**Activity:**
Each line in the entries below that contains the word "usize" counts once. Report how many there are and nothing more.

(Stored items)
★ ★ ★ ★

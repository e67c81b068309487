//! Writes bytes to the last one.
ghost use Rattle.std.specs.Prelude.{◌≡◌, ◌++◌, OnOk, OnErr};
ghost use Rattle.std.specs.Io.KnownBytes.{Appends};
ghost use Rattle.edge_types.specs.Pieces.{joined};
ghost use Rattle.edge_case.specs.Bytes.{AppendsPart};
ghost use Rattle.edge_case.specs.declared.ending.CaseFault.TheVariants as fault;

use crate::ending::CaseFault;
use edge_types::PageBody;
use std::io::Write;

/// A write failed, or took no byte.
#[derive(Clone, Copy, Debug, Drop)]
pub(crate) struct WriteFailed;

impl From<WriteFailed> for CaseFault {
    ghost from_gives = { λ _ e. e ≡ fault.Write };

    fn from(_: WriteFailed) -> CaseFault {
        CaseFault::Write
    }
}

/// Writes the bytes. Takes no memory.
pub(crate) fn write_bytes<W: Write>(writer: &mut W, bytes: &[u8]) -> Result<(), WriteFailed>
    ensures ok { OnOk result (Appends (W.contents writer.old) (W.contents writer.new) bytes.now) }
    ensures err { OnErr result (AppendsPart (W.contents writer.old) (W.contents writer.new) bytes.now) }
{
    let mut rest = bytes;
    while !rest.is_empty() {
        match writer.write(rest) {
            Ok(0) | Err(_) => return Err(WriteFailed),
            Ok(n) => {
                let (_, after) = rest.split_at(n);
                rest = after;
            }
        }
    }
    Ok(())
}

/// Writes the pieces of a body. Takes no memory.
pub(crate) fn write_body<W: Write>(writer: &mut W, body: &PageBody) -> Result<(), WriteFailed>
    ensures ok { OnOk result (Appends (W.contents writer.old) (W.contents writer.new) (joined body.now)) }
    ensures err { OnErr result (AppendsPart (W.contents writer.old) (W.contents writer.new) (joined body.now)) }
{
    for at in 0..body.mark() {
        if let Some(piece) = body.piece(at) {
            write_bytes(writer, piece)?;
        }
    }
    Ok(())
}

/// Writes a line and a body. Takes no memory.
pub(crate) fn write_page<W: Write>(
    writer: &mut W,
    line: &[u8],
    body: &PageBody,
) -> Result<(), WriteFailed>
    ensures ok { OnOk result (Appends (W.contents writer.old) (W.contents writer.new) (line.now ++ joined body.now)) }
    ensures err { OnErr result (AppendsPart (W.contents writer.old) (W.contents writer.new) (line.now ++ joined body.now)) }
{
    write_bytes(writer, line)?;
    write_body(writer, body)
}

★ ★ ★ ★

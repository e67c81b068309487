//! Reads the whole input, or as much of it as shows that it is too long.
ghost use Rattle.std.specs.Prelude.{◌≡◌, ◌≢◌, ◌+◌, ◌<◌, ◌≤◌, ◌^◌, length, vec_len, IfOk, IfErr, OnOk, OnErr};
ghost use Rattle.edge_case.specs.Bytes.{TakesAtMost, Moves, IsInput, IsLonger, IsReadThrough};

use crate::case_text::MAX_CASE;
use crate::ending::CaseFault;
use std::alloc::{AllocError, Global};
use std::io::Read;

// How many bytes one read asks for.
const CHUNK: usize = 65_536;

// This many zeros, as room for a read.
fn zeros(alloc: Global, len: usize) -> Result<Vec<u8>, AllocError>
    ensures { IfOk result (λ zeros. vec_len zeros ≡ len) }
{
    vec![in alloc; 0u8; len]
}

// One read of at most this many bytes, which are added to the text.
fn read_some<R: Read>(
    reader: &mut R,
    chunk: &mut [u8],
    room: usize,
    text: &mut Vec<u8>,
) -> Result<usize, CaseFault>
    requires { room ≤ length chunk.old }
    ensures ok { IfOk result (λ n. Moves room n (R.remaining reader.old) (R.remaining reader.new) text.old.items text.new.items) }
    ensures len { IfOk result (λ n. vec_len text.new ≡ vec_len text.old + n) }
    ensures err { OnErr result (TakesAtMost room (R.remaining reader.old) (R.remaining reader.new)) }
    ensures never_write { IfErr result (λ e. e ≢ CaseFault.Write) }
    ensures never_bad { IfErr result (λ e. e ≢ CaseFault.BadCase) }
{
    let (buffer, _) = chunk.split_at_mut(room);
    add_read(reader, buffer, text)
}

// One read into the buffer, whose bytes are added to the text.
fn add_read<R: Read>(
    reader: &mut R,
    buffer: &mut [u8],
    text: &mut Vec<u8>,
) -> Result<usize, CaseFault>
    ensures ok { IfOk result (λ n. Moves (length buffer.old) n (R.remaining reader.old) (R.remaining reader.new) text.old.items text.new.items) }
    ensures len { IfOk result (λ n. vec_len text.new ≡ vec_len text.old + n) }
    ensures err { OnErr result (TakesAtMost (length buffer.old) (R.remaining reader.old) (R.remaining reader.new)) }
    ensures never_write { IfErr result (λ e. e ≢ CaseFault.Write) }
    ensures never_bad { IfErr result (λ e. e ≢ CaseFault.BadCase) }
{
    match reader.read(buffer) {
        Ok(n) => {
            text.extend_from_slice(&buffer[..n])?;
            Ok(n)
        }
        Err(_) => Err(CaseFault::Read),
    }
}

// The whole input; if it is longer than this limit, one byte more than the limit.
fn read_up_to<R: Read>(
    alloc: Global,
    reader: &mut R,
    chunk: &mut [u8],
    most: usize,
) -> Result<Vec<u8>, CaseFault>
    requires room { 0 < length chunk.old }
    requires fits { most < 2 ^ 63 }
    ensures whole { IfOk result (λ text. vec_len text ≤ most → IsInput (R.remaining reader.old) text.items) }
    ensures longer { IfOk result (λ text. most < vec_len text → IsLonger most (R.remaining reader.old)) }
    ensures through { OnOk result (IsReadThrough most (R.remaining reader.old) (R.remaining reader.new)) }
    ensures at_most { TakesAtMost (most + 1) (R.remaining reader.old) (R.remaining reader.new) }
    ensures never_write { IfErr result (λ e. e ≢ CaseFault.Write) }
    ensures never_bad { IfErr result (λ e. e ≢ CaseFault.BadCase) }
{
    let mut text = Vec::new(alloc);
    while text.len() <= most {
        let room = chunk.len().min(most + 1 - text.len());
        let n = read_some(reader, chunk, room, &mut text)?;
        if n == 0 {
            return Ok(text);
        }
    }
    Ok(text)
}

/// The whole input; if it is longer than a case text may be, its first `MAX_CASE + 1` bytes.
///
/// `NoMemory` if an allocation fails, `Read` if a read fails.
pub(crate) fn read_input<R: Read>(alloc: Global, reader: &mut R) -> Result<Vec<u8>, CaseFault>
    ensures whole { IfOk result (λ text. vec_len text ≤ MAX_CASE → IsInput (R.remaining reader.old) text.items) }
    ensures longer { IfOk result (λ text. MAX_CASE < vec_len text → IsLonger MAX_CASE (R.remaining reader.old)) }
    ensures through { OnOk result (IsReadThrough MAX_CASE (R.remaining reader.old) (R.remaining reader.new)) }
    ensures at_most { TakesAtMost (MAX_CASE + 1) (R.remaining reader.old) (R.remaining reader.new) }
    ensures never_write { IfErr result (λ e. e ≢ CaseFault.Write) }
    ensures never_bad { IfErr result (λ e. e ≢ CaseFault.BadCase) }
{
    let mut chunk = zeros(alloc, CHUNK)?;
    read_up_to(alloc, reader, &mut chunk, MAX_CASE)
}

★ ★ ★ ★

**Task solution:**
6